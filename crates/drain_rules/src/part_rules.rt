//! The first rule that fails at a cell, of those about some rasters that look at its patch only.

ghost use Rattle.std.specs.Prelude.{◌↔◌};
ghost use Rattle.drain_rules.specs.Names.{IsTrue, IsCode, BelowGroundHolds, IsBetween, IsLeastFault, IsOnly, IsPatchRule, IsPresenceRule, IsBlankPart, IsCompletePart, part_rules};

use crate::patch_rules::fill_fault;
use drain_grid::{CellValues, Patch, Rule, Rules};

/// The first of the rules from VoidCell to Label about the judged rasters, without ranks, that fails at the cell, none if
/// they all hold. Rules about other rasters hold.
///
/// If the cell is known not to be below its ground (`is_above`), that isn't checked again.
pub fn part_fault(patch: &Patch, rules: &Rules, is_above: bool) -> Option<Rule>
    requires { IsTrue is_above → BelowGroundHolds patch.now }
    ensures least { IsLeastFault IsPatchRule (part_rules rules.now.judged rules.now.nodata patch.now) result }
{
    if let Some(rule) = presence_fault(patch, rules) {
        return Some(rule);
    }
    if let Some(rule) = fill_fault(patch, is_above) {
        return Some(rule);
    }
    flow_fault(patch, rules)
}

/// The first of the rules on which numbers are there that fails at the cell, none if they all hold.
fn presence_fault(patch: &Patch, rules: &Rules) -> Option<Rule>
    ensures least { IsLeastFault IsPresenceRule (part_rules rules.now.judged rules.now.nodata patch.now) result }
{
    match patch.here.z {
        None if is_blank(&patch.here, rules) => None,
        None => Some(Rule::VoidCell),
        Some(_) if !is_complete(&patch.here, rules) => Some(Rule::Missing),
        Some(_) if !rules.judged.has_dir() || has_code(&patch.here) => None,
        Some(_) => Some(Rule::BadCode),
    }
}

/// Whether con, and each of dir, acc and bas that is judged, has its no-data number.
pub(crate) fn is_blank(here: &CellValues, rules: &Rules) -> bool
    ensures { IsTrue result ↔ IsBlankPart rules.now.judged rules.now.nodata here.now }
{
    let judged = rules.judged;
    let nodata = &rules.nodata;
    here.con == nodata.con
        && (!judged.has_dir() || here.dir == nodata.dir)
        && (!judged.has_acc() || here.acc == nodata.acc)
        && (!judged.has_bas() || here.bas == nodata.bas)
}

/// Whether none of them has it.
fn is_complete(here: &CellValues, rules: &Rules) -> bool
    ensures { IsTrue result ↔ IsCompletePart rules.now.judged rules.now.nodata here.now }
{
    let judged = rules.judged;
    let nodata = &rules.nodata;
    here.con != nodata.con
        && (!judged.has_dir() || here.dir != nodata.dir)
        && (!judged.has_acc() || here.acc != nodata.acc)
        && (!judged.has_bas() || here.bas != nodata.bas)
}

/// Whether the direction is 0 or one of the eight codes.
fn has_code(here: &CellValues) -> bool
    ensures { IsTrue result ↔ IsCode here.now.dir }
{
    here.dir == 0 || here.direction().is_some()
}

/// The first of the rules from Slope to Label that fails at the cell, none if they all hold.
fn flow_fault(patch: &Patch, rules: &Rules) -> Option<Rule>
    ensures least { IsLeastFault (IsBetween 10 14) (part_rules rules.now.judged rules.now.nodata patch.now) result }
{
    if !rules.judged.has_dir() {
        return None;
    }
    if let Some(rule) = drain_slope::fault(patch) {
        return Some(rule);
    }
    if let Some(rule) = drain_flat::fault_without_ranks(patch) {
        return Some(rule);
    }
    if let Some(rule) = sum_fault(patch, rules) {
        return Some(rule);
    }
    label_fault(patch, rules)
}

/// Accumulation if it fails at the cell, none if it holds or isn't judged.
fn sum_fault(patch: &Patch, rules: &Rules) -> Option<Rule>
    ensures least { IsLeastFault (IsOnly Rule.Accumulation) (part_rules rules.now.judged rules.now.nodata patch.now) result }
{
    if rules.judged.has_acc() {
        drain_accum::fault(patch)
    } else {
        None
    }
}

/// Label if it fails at the cell, none if it holds or labels aren't judged.
fn label_fault(patch: &Patch, rules: &Rules) -> Option<Rule>
    ensures least { IsLeastFault (IsOnly Rule.Label) (part_rules rules.now.judged rules.now.nodata patch.now) result }
{
    if rules.judged.has_bas() {
        drain_basin::fault(patch)
    } else {
        None
    }
}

What you need to do:
Everything from the line with "fn has_code(here: &CellValues) -> bool" through the last line of the data is to be retyped verbatim, with no other text.

Response below:
fn has_code(here: &CellValues) -> bool
    ensures { IsTrue result ↔ IsCode here.now.dir }
{
    here.dir == 0 || here.direction().is_some()
}

/// The first of the rules from Slope to Label that fails at the cell, none if they all hold.
fn flow_fault(patch: &Patch, rules: &Rules) -> Option<Rule>
    ensures least { IsLeastFault (IsBetween 10 14) (part_rules rules.now.judged rules.now.nodata patch.now) result }
{
    if !rules.judged.has_dir() {
        return None;
    }
    if let Some(rule) = drain_slope::fault(patch) {
        return Some(rule);
    }
    if let Some(rule) = drain_flat::fault_without_ranks(patch) {
        return Some(rule);
    }
    if let Some(rule) = sum_fault(patch, rules) {
        return Some(rule);
    }
    label_fault(patch, rules)
}

/// Accumulation if it fails at the cell, none if it holds or isn't judged.
fn sum_fault(patch: &Patch, rules: &Rules) -> Option<Rule>
    ensures least { IsLeastFault (IsOnly Rule.Accumulation) (part_rules rules.now.judged rules.now.nodata patch.now) result }
{
    if rules.judged.has_acc() {
        drain_accum::fault(patch)
    } else {
        None
    }
}

/// Label if it fails at the cell, none if it holds or labels aren't judged.
fn label_fault(patch: &Patch, rules: &Rules) -> Option<Rule>
    ensures least { IsLeastFault (IsOnly Rule.Label) (part_rules rules.now.judged rules.now.nodata patch.now) result }
{
    if rules.judged.has_bas() {
        drain_basin::fault(patch)
    } else {
        None
    }
}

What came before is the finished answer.